Work to complete
Reproduce each line from the first in the data through the line that contains "let resumed = resampler::resume(block);" exactly; give nothing else.

Items from a data source
....
// The two ends of the program `convert`: the block that it begins with, and the one that it ends in.
ghost use Rattle.std.specs.Prelude.{◌≡◌, true, length, MatchResult};
ghost use Rattle.stages.specs.Outcome.{row_of};
ghost use Rattle.resampler.specs.Pairs.{supported};
ghost use Rattle.resampler.specs.Record.{pair_of};
ghost use Rattle.resampler.specs.Block.{block_of, resume_row};
ghost use Rattle.line.specs.Call.{Begins};

use resampler::Record;
use stages::Refusal;

// The record in a block, or what the block is refused for.
pub fn begin(block: &[u8]) -> Result<Record, Refusal>
    ensures { MatchResult result (Begins block.now 0) (λ refusal. row_of refusal ≡ resume_row block.now) }
{
    let resumed = resampler::resume(block);
    resumed.answer?;
    Ok(resumed.state)
}

// Puts the record's block.
pub fn finish(s: Record, block: &mut [u8])
    requires { (supported (pair_of s) ≡ true) × (length block.old ≡ 512) }
    ensures { block.new ≡ block_of s }
{
    resampler::park(s, block);
}
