// The programs: their work over slices, with what it comes to in specs/, and the reading and writing around it.
#![tactic(auto)]

mod arguments;
pub mod calls;
pub mod ends;
pub mod message;
pub mod opening;
mod reading;
mod said;
mod stream;

pub use arguments::open_line;
pub use stream::run;
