// What the programs write to standard error. Meaning: specs/Message.antt.
ghost use Rattle.std.specs.Prelude.{◌≡◌, ◌++◌, ◌+◌, ◌≤◌, length, take};
ghost use Rattle.io.specs.Counts.{IsPrefixLen};
ghost use Rattle.line.specs.Message as Message;

// Room for either message about any number.
pub const ROOM: usize = 48;

// Puts `refused N` to the front, and answers how many bytes it has.
#[tactic(auto, unfolding(crate::specs::Message::refused))]
pub fn refused(to: &mut [u8; 48], n: u8) -> usize
    ensures prefix_len { IsPrefixLen result to.new }
    ensures to_after { take result to.new ≡ Message.refused n }
{
    put_around(to, b"refused ", n as u64, b"\n")
}

// Puts `left over N bytes` to the front, and answers how many bytes it has.
#[tactic(auto, unfolding(crate::specs::Message::left_over))]
pub fn left_over(to: &mut [u8; 48], n: usize) -> usize
    ensures prefix_len { IsPrefixLen result to.new }
    ensures to_after { take result to.new ≡ Message.left_over n }
{
    put_around(to, b"left over ", n as u64, b" bytes\n")
}

// Puts a number between two parts, and answers how many bytes they are.
fn put_around(to: &mut [u8; 48], front: &[u8], n: u64, back: &[u8]) -> usize
    requires { length front.now + 20 + length back.now ≤ 48 }
    ensures prefix_len { IsPrefixLen result to.new }
    ensures to_after { take result to.new ≡ front.now ++ Message.decimal n ++ back.now }
{
    let mut digits = [0; 20];
    let k = io::decimal(n, &mut digits);
    let a = put(to, 0, front);
    let b = put(to, a, &digits[..k]);
    put(to, b, back)
}

// Puts a part behind the first `at` bytes, and answers how many there are then.
fn put(to: &mut [u8; 48], at: usize, part: &[u8]) -> usize
    requires { at + length part.now ≤ 48 }
    ensures { (result ≡ at + length part.now) × (take result to.new ≡ take at to.old ++ part.now) }
{
    let end = at + part.len();
    to[at..end].copy_from_slice(part);
    end
}
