// The program `convert` between standard input and standard output. What it reads and writes no contract can say; what it makes
// of it is specs/Line.antt, by the parts that it calls.
ghost use Rattle.std.specs.Prelude.{◌≡◌, true, ◌*◌, length};
ghost use Rattle.resampler.specs.Pairs.{supported};
ghost use Rattle.resampler.specs.Record.{pair_of};

use crate::reading::read_full;
use crate::{calls, ends, said};
use resampler::Record;
use std::io;

// A record of a supported pair.
#[derive(Clone, Copy)]
struct Line {
    record: Record,
    ghost pair: { supported (pair_of «record») ≡ true },
}

// What a turn of reading, converting and writing leaves: a full piece may have more behind it; the last one leaves bytes over.
#[derive(Clone, Copy)]
enum Turned {
    More(Line),
    Last(Line, usize),
}

// Reads a block and then samples, writes the converted samples and then the new block. A refused block writes nothing.
pub fn run(rt: &HostRuntime) -> io::Result<()> {
    let mut head = [0; 512];
    let n = read_full(rt, &mut head)?;
    match ends::begin(&head[..n]) {
        Ok(record) => go_on(rt, Line { record }),
        Err(refusal) => said::refuse(rt, refusal),
    }
}

// The samples, what is left over, and the new block.
fn go_on(rt: &HostRuntime, line: Line) -> io::Result<()> {
    let (line, left) = feed(rt, line)?;
    if left != 0 {
        said::leave(rt, left)?;
    }
    let mut block = [0; 512];
    ends::finish(line.record, &mut block);
    rt.write_all(&block)
}

// Turn after turn, until the input ends.
fn feed(rt: &HostRuntime, line: Line) -> io::Result<(Line, usize)> {
    let mut line = line;
    for _ in 0..u64::MAX {
        match turn(rt, line)? {
            Turned::More(after) => line = after,
            Turned::Last(after, left) => return Ok((after, left)),
        }
    }
    Ok((line, 0))
}

// One turn: 100 ms.
fn turn(rt: &HostRuntime, line: Line) -> io::Result<Turned> {
    let mut input = [0; 9600];
    let most = 200 * (line.record.inKhz as usize);
    piece(rt, line, &mut input[..most])
}

// Fills `input`, or as much of it as there is, converts it and writes what was made.
#[tactic(auto, using(crate::proofs::Laws::Ends::still_supported, crate::proofs::Laws::Ends::count_within))]
fn piece(rt: &HostRuntime, line: Line, input: &mut [u8]) -> io::Result<Turned>
    requires { length input.old ≡ 200 * line.«record».inKhz }
{
    let n = read_full(rt, input)?;
    let mut out = [0; 9600];
    let called = calls::call(line.record, &input[..n], &mut out);
    rt.write_all(&out[..called.count])?;
    let after = Line {
        record: called.record,
    };
    Ok(if n == input.len() {
        Turned::More(after)
    } else {
        Turned::Last(after, called.left)
    })
}
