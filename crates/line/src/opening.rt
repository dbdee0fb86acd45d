// Opening a line from the words that ask for it. Meaning: specs/Opening.antt.
ghost use Rattle.std.specs.Prelude.{◌≡◌, [], ◌∷◌, ◌≤◌, length, IfSome, unwrap_or};
ghost use Rattle.resampler.specs.Pairs.{pair};
ghost use Rattle.line.specs.Opening as Opening;

use stages::Refusal;

// Puts the fresh block of the pair that the words ask for into `block`, or leaves it where they ask for none.
pub fn open(direction: &[u8], inKhz: &[u8], outKhz: &[u8], block: &mut [u8]) -> Result<(), Refusal>
    requires { length block.old ≡ 512 }
    ensures { let p = Opening.asked_for direction.now inKhz.now outKhz.now in
        Opening.OpensAs p block.old block.new result }
{
    let forEnc = direction_in(direction).ok_or(Refusal::PairNotListed)?;
    let inKhz = khz_in(inKhz).ok_or(Refusal::PairNotListed)?;
    let outKhz = khz_in(outKhz).ok_or(Refusal::PairNotListed)?;
    fresh_block(forEnc, inKhz, outKhz, block)
}

// The same from their numbers.
fn fresh_block(forEnc: u8, inKhz: u8, outKhz: u8, block: &mut [u8]) -> Result<(), Refusal>
    requires { (length block.old ≡ 512) × (forEnc ≤ 1) }
    ensures { Opening.OpensAs (pair forEnc inKhz outKhz) block.old block.new result }
{
    let inHz = 1000 * i32::from(inKhz);
    let outHz = 1000 * i32::from(outKhz);
    let opened = resampler::silk_resampler_init(inHz, outHz, i32::from(forEnc));
    opened.answer?;
    resampler::park(opened.state, block);
    Ok(())
}

// 1 for `encoder`, 0 for `decoder`.
#[tactic(auto, using(crate::proofs::Laws::Opening::same_is), unfolding(crate::specs::Opening::direction_in))]
fn direction_in(word: &[u8]) -> Option<u8>
    ensures { (unwrap_or result 2 ≡ Opening.direction_in word.now) × IfSome result (λ d. d ≤ 1) }
{
    if word == b"encoder".as_slice() {
        Some(1)
    } else if word == b"decoder".as_slice() {
        Some(0)
    } else {
        None
    }
}

// The number that one or two digits are.
#[tactic(auto, unfolding(crate::specs::Opening::khz_in))]
fn khz_in(word: &[u8]) -> Option<u8>
    ensures { unwrap_or result 0 ≡ Opening.khz_in word.now }
{
    match word {
        [b] => number(b'0', *b),
        [a, b] => number(*a, *b),
        _ => None,
    }
}

// The number of two digits.
#[tactic(auto, unfolding(crate::specs::Opening::khz_in))]
fn number(a: u8, b: u8) -> Option<u8>
    ensures { unwrap_or result 0 ≡ Opening.khz_in (a ∷ b ∷ []) }
{
    if a.is_ascii_digit() && b.is_ascii_digit() {
        Some(10 * (a - b'0') + (b - b'0'))
    } else {
        None
    }
}
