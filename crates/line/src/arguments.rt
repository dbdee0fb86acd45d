// The program `open_line`: its arguments, and what it writes.
ghost use Rattle.std.specs.Prelude.{◌≤◌, length};

use crate::{opening, said};
use stages::Refusal;
use std::env::{Env, FillError};
use std::io;

// Writes the fresh block that the arguments ask for to standard output, or what they are refused with to standard error.
pub fn open_line(rt: &HostRuntime) -> io::Result<()> {
    let mut block = [0; 512];
    match asked(rt, &mut block) {
        Ok(()) => rt.write_all(&block),
        Err(refusal) => said::refuse(rt, refusal),
    }
}

// Puts that block, or answers what they are refused with. A word of more than eight letters counts as an empty one.
fn asked(rt: &HostRuntime, block: &mut [u8; 512]) -> Result<(), Refusal> {
    // Argument 0 is the program's name.
    if !given(rt, 3) || given(rt, 4) {
        return Err(Refusal::PairNotListed);
    }
    let (mut direction, mut inKhz, mut outKhz) = ([0; 8], [0; 8], [0; 8]);
    opening::open(
        word(rt, 1, &mut direction),
        word(rt, 2, &mut inKhz),
        word(rt, 3, &mut outKhz),
        block,
    )
}

fn given(rt: &HostRuntime, i: usize) -> bool {
    !matches!(rt.arg(i, &mut [0; 8]), Err(FillError::NotPresent))
}

// Puts an argument into `to` and answers its letters; none where there is no room for it.
fn word<'a>(rt: &HostRuntime, i: usize, to: &'a mut [u8; 8]) -> &'a [u8]
    ensures { length result.now ≤ length to.old }
{
    let n = rt.arg(i, to).unwrap_or(0);
    &to[..n]
}
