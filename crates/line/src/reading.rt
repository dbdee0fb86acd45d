// Reading standard input, by as many reads as it takes.
ghost use Rattle.std.specs.Prelude.{◌≤◌, IfOk, length};

use std::io;
use std::io::Read;

// Fills `to`, or as much of it as there is, and answers how many bytes that is.
pub fn read_full(rt: &HostRuntime, to: &mut [u8]) -> io::Result<usize>
    ensures { IfOk result (λ n. n ≤ length to.new) }
{
    let most = to.len();
    let mut rest = to;
    io::copy(&mut rt.stdin().take(most as u64), &mut rest)?;
    Ok(most.saturating_sub(rest.len()))
}
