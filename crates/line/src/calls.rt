// One call of the program `convert`: up to 100 ms of bytes in, the bytes of what they make out. Meaning: specs/Call.antt.
ghost use Rattle.std.specs.Prelude.{◌≡◌, ◌*◌, ◌≤◌, length, take};
ghost use Rattle.stages.specs.Outcome.{over};
ghost use Rattle.resampler.specs.Record.{pair_of};
ghost use Rattle.resampler.specs.Resample.{made, converted, after, Calling};
ghost use Rattle.little_endian.specs.Bytes.{laid, words_at};
ghost use Rattle.line.specs.Call.{Asks, Leaves};

use resampler::Record;

// The record after a call, the bytes that it put out, and how many it left over.
#[derive(Clone, Copy)]
pub struct Called {
    pub record: Record,
    pub count: usize,
    pub left: usize,
}

// Converts the whole milliseconds of `input`, and puts what they make to the front of `out`.
#[tactic(auto, using(crate::proofs::Laws::Sizes::sizes))]
pub fn call(s: Record, input: &[u8], out: &mut [u8]) -> Called
    requires { Asks s (length input.now) (length out.old) }
    ensures { Leaves s input.now out.old out.new result.record result.count result.left }
{
    let inKhz = s.inKhz as usize;
    let ms = input.len() / (2 * inKhz);
    let left = input.len() % (2 * inKhz);
    if ms == 0 {
        return Called {
            record: s,
            count: 0,
            left,
        };
    }
    let n = ms * inKhz;
    let m = ms * (s.outKhz as usize);
    let xs = samples_in(input, n);
    let record = convert(s, &xs[..n], out, m);
    Called {
        record,
        count: 2 * m,
        left,
    }
}

// The first n samples of some bytes, and zeros behind them.
fn samples_in(input: &[u8], n: usize) -> [i16; 4800]
    requires { (n ≤ 4800) × (2 * n ≤ length input.now) }
    ensures { take n result ≡ words_at 2 0 n input.now }
{
    let mut xs = [0; 4800];
    little_endian::words_at(input, 0, &mut xs[..n]);
    xs
}

// Converts samples, and puts the bytes of the m that they make to the front of `out`.
fn convert(s: Record, xs: &[i16], out: &mut [u8], m: usize) -> Record
    requires { Calling s (length xs.now) 4800 × (length xs.now ≤ 100 * s.inKhz) × (m ≡ made (pair_of s) (length xs.now)) × (2 * m ≤ length out.old) }
    ensures { (result ≡ after s xs.now) × (out.new ≡ over (laid 2 (converted s xs.now)) out.old) }
{
    let mut ys = [0; 4800];
    let resampled = resampler::silk_resampler(s, &mut ys, xs);
    little_endian::put_words(out, 0, &ys[..m]);
    resampled.state
}
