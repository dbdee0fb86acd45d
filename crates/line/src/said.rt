// Writing the messages to standard error.
use crate::message;
use stages::Refusal;
use std::io;

// Writes `refused N`.
pub fn refuse(rt: &HostRuntime, refusal: Refusal) -> io::Result<()> {
    let mut text = [0; message::ROOM];
    let n = message::refused(&mut text, refusal.number());
    rt.stderr().write_all(&text[..n])
}

// Writes `left over N bytes`.
pub fn leave(rt: &HostRuntime, bytes: usize) -> io::Result<()> {
    let mut text = [0; message::ROOM];
    let n = message::left_over(&mut text, bytes);
    rt.stderr().write_all(&text[..n])
}
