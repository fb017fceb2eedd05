ghost use Rattle.std.specs.Prelude.{◌≡◌, false, IfOk, IfSome, OnOk};
ghost use Rattle.sqlite.specs.Held.{state};
ghost use Rattle.sqlite.specs.State.{HasCleanDisk};
ghost use Rattle.reg_core.specs.Crls.{next_number, number_after};
ghost use Rattle.reg_core.specs.Records.{Records};
ghost use Rattle.reg_der.specs.Authority.{with_identifier, HasIdentifier};
ghost use Rattle.reg_der.specs.Issuers.{with_key_identifier};
ghost use Rattle.reg_store_tables.specs.Kept.{ShowsKept};
ghost use Rattle.reg_store_tables.specs.Stays.{Changed, Looked};
ghost use Rattle.reg_office.specs.AfterStoppedCommand.{HoldsOfShown, IsIdentified};

use reg_core::{CrlRow, Label};
use reg_der::Issuer;
use reg_store::{DatabaseFault, Store, Tables};
use sqlite::Alter;
use std::alloc::Global;

fn next_crl_number<C: Alter>(tables: &mut Tables<C>) -> Result<u64, DatabaseFault>
    ensures found { HoldsOfShown C.Store tables.old tables.new
        (λ records. IfOk result (λ number. number ≡ next_number records.crls)) }
    ensures looked { Looked C.Store tables.old tables.new }
{
    let latest = tables.latest_crl()?;
    next_number_after(latest).ok_or(DatabaseFault::Store)
}

fn next_number_after(latest: Option<CrlRow>) -> Option<u64>
    ensures { IfSome result (λ number. number ≡ number_after latest) }
{
    match latest {
        Some(latest) => latest.number.checked_add(1),
        None => Some(1),
    }
}

/// The issuer with these octets (1 to 64) as the key identifier of CRLs from number `first` on; `first` is the next CRL's number.
fn identified<C: Alter>(
    tables: &mut Tables<C>,
    alloc: Global,
    octets: Label,
) -> Result<Issuer, DatabaseFault>
    ensures found { HoldsOfShown C.Store tables.old tables.new (λ records. IfOk result
        (λ issuer. issuer ≡ with_identifier records.issuer (next_number records.crls) octets)) }
    ensures follows { HoldsOfShown C.Store tables.old tables.new
        (λ records. OnOk result (HasIdentifier records.issuer (next_number records.crls) octets)) }
    ensures looked { Looked C.Store tables.old tables.new }
{
    let first = next_crl_number(tables)?;
    let issuer = tables.issuer()?;
    match issuer.with_key_identifier(alloc, first, octets) {
        Ok(issuer) => Ok(issuer),
        Err(_) => Err(DatabaseFault::Memory),
    }
}

/// Sets the authority key identifier of CRLs (RFC 5280 5.2.1) from the next one on. It replaces the one set before, or the SHA-1 of the issuer's key.
pub(crate) fn set_key_identifier<C: Alter>(
    store: &mut Store<C>,
    alloc: Global,
    octets: Label,
) -> Result<(), DatabaseFault>
    ensures ok { (records : Records) → ShowsKept C.Store store.old records
        → HasCleanDisk (state C.Store store.new)
        → OnOk result (ShowsKept C.Store store.new (with_key_identifier records octets)) }
    ensures follows { (records : Records) → ShowsKept C.Store store.old records
        → HasCleanDisk (state C.Store store.new)
        → OnOk result (HasIdentifier records.issuer (next_number records.crls) octets) }
    ensures changed { Changed C.Store store.old store.new (IsIdentified C.Store store.old octets) result }
    ensures idle { store.old.in_transaction ≡ false → store.new.in_transaction ≡ false }
{
    let issuer = identified(store, alloc, octets)?;
    store.set_issuer(&issuer)
}
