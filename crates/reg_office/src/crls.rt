//! Makes, signs and stores CRLs, and looks up their DER. `row` has a CRL's number and thisUpdate. `crl_tbs` writes the TBSCertList (RFC 5280 5.1).

ghost use Rattle.std.specs.Prelude.{◌≡◌, ◌≤◌, ◌<◌, ◌+◌, length, IsErrOf, IfOk, IfErr};
ghost use Rattle.reg_office_api.specs.Items.{items_of};
ghost use Rattle.reg_core.specs.Calendar.{clock_end};
ghost use Rattle.reg_core.specs.declared.command.Command.TheVariants.{Crl as IssueCrl};
ghost use Rattle.reg_store_tables.specs.Stays.{Looked};
ghost use Rattle.reg_office_reads.specs.Answering.{SignerHasFailed};
ghost use Rattle.reg_office.specs.Commands.{RunsCommand};
ghost use Rattle.reg_office_reads.specs.Faults.{IsMakingFault, IsSigningFault, IsTableFault};
ghost use Rattle.reg_office.specs.Issuing.{IsNextOf};
ghost use Rattle.reg_core.specs.Step.{refusal};
ghost use Rattle.reg_office_reads.specs.Looking.{LooksAndDecides};
ghost use Rattle.reg_store_tables.specs.LookUps.{Learns, LooksUp};
ghost use Rattle.reg_core.specs.Crls.{EntriesAscend, cert_list, listed_revocations, entries};
ghost use Rattle.reg_core.specs.declared.refusal.Fault.TheVariants.{Signer as SignerFailed};
ghost use Rattle.reg_crl.specs.Signing.{signed_by};
ghost use Rattle.reg_office_api.specs.Answered.{IsGiven};

use reg_core::{CrlRow, Entry, Fault, Moment, Refusal, Reply, decide_crl};
use reg_crl::{SignFault, Signer, crl_tbs, crl_whole};
use reg_der::Issuer;
use reg_office_reads::{head_at, latest_crl};
use reg_store::{DatabaseFault, Store, Table, Tables};
use sqlite::Alter;
use std::alloc::Global;

fn signed_crl<S: Signer>(
    alloc: Global,
    signer: &mut S,
    issuer: &Issuer,
    row: &CrlRow,
    next_update: Moment,
    entries: &[Entry],
) -> Result<Vec<u8>, Fault>
    requires ascending { EntriesAscend entries.now }
    requires few { length entries.now ≤ 1000000 }
    ensures signed { IfOk result (λ crl. signed_by S.signs (S.identity signer.old)
        (record {
          issuer = issuer.now;
          number = row.now.number;
          this_update = row.now.this_update;
          next_update = next_update;
          entries = entries.now;
        })
        crl.items) }
    ensures same_identity { S.identity signer.new ≡ S.identity signer.old }
    ensures device { IsErrOf result SignerFailed → SignerHasFailed S.Signer signer.old signer.new }
    ensures faults { IfErr result IsSigningFault }
{
    let tbs = crl_tbs(
        alloc,
        issuer,
        signer.algorithm(),
        row.number,
        row.this_update,
        next_update,
        entries,
    )?;
    let signature = signature_of(alloc, signer, &tbs)?;
    Ok(crl_whole(alloc, &tbs, signer.algorithm(), &signature)?)
}

// Requests the signature even during the signer's back-off (the time after a timeout), because the signer may just have been repaired.
fn signature_of<S: Signer>(
    alloc: Global,
    signer: &mut S,
    message: &[u8],
) -> Result<Vec<u8>, SignFault>
    ensures signed { IfOk result (λ signature. S.signs (S.identity signer.old) message.now signature.items) }
    ensures short { IfOk result (λ signature. length signature.items ≤ 65536) }
    ensures same_identity { S.identity signer.new ≡ S.identity signer.old }
    ensures device { IsErrOf result SignFault.Device → SignerHasFailed S.Signer signer.old signer.new }
{
    signer.reset_backoff();
    signer.sign(alloc, message)
}

/// The row of the next CRL, and its nextUpdate; or the refusal of `crl`. `head`: now, the last accepted moment, the policy, the number of CRLs.
pub(crate) fn next_row<C: Alter>(
    tables: &mut Tables<C>,
    now: Moment,
) -> Result<(CrlRow, Moment), Fault>
    requires { now < clock_end }
    ensures { LooksAndDecides C.Store tables.old tables.new (λ records. refusal records now IssueCrl)
        (λ records next. IsNextOf records now next) result }
{
    let head = head_at(tables, now, Table::Crls)?;
    let latest = latest_crl(tables)?;
    let row = decide_crl(&head, latest)?;
    let next_update = now.plus(head.policy.crl_life());
    Ok((row, next_update))
}

/// The issuer, and the entries of the CRL with this number. The CRL may be an issued one, or the next one.
pub(crate) fn listed<C: Alter>(
    tables: &mut Tables<C>,
    number: u64,
) -> Result<(Issuer, Vec<Entry>), DatabaseFault>
    ensures looks { Learns C.Store tables.old tables.new result (λ records it.
        (it.0 ≡ records.issuer) × (it.1.items ≡ entries records number)) }
    ensures ascending { IfOk result (λ it. EntriesAscend it.1.items) }
    ensures few { IfOk result (λ it. length it.1.items ≤ 1000000) }
{
    let issuer = tables.issuer()?;
    let entries = tables.entries(number)?;
    Ok((issuer, entries))
}

/// The DER of the signed CRL of a row, and how many entries it has.
fn made_crl<C: Alter, S: Signer>(
    tables: &mut Tables<C>,
    signer: &mut S,
    alloc: Global,
    row: &CrlRow,
    next_update: Moment,
) -> Result<(Vec<u8>, u64), Fault>
    ensures looks { LooksUp C.Store tables.old tables.new (λ records.
        next_update ≡ row.now.this_update + records.policy.crl_life → IfOk result (λ crl.
        signed_by S.signs (S.identity signer.old)
        (cert_list records row.now.number row.now.this_update) crl.0.items
        × (crl.1 ≡ length (listed_revocations records row.now.number)))) }
    ensures same_identity { S.identity signer.new ≡ S.identity signer.old }
    ensures device { IsErrOf result SignerFailed → SignerHasFailed S.Signer signer.old signer.new }
    ensures faults { IfErr result IsMakingFault }
{
    let (issuer, entries) = listed(tables, row.number)?;
    let der = signed_crl(alloc, signer, &issuer, row, next_update, &entries)?;
    let count = entries.len() as u64;
    Ok((der, count))
}

/// The TBSCertList of the next CRL, whose signature is requested before `crl` runs; or the refusal of `crl`. `algorithm`: the signer's, in DER.
pub(crate) fn next_message<C: Alter>(
    tables: &mut Tables<C>,
    alloc: Global,
    algorithm: &[u8],
    now: Moment,
) -> Result<Vec<u8>, Fault>
    requires before_end { now < clock_end }
    requires algorithm { length algorithm.now ≤ 1024 }
    ensures { Looked C.Store tables.old tables.new }
{
    let (row, next_update) = next_row(tables, now)?;
    let (issuer, entries) = listed(tables, row.number)?;
    Ok(crl_tbs(
        alloc,
        &issuer,
        algorithm,
        row.number,
        row.this_update,
        next_update,
        &entries,
    )?)
}

pub(crate) fn issue_crl<C: Alter, S: Signer>(
    store: &mut Store<C>,
    signer: &mut S,
    alloc: Global,
    now: Moment,
) -> Result<Reply, Fault>
    requires { now < clock_end }
    ensures { RunsCommand C.Store S.Signer store.old store.new signer.old signer.new now IssueCrl result }
{
    let (row, next_update) = next_row(store, now)?;
    let (der, entries) = made_crl(store, signer, alloc, &row, next_update)?;
    let number = row.number;
    store.add_crl(now, row, &der)?;
    Ok(Reply::Crl { number, entries })
}

pub(crate) fn numbered_der<C: Alter>(tables: &mut Tables<C>, number: u64) -> Result<Vec<u8>, Fault>
    ensures looks { LooksUp C.Store tables.old tables.new (λ records.
        IsGiven records (Some number) (items_of result)) }
    ensures faults { IfErr result IsTableFault }
{
    match tables.crl(number)? {
        Some(bytes) => Ok(bytes),
        None => Err(Fault::Refused(Refusal::NoCrl)),
    }
}

pub(crate) fn latest_der<C: Alter>(tables: &mut Tables<C>) -> Result<Vec<u8>, Fault>
    ensures looks { LooksUp C.Store tables.old tables.new (λ records.
        IsGiven records None (items_of result)) }
    ensures faults { IfErr result IsTableFault }
{
    match tables.latest_crl()? {
        Some(latest) => {
            let number = latest.number;
            numbered_der(tables, number)
        }
        None => Err(Fault::Refused(Refusal::NoCrl)),
    }
}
....
Written solution
// The two ends of the program `convert`: the block that it begins with, and the one that it ends in.
ghost use Rattle.std.specs.Prelude.{◌≡◌, true, length, MatchResult};
ghost use Rattle.stages.specs.Outcome.{row_of};
ghost use Rattle.resampler.specs.Pairs.{supported};
ghost use Rattle.resampler.specs.Record.{pair_of};
ghost use Rattle.resampler.specs.Block.{block_of, resume_row};
ghost use Rattle.line.specs.Call.{Begins};

use resampler::Record;
use stages::Refusal;

// The record in a block, or what the block is refused for.
pub fn begin(block: &[u8]) -> Result<Record, Refusal>
    ensures { MatchResult result (Begins block.now 0) (λ refusal. row_of refusal ≡ resume_row block.now) }
{
    let resumed = resampler::resume(block);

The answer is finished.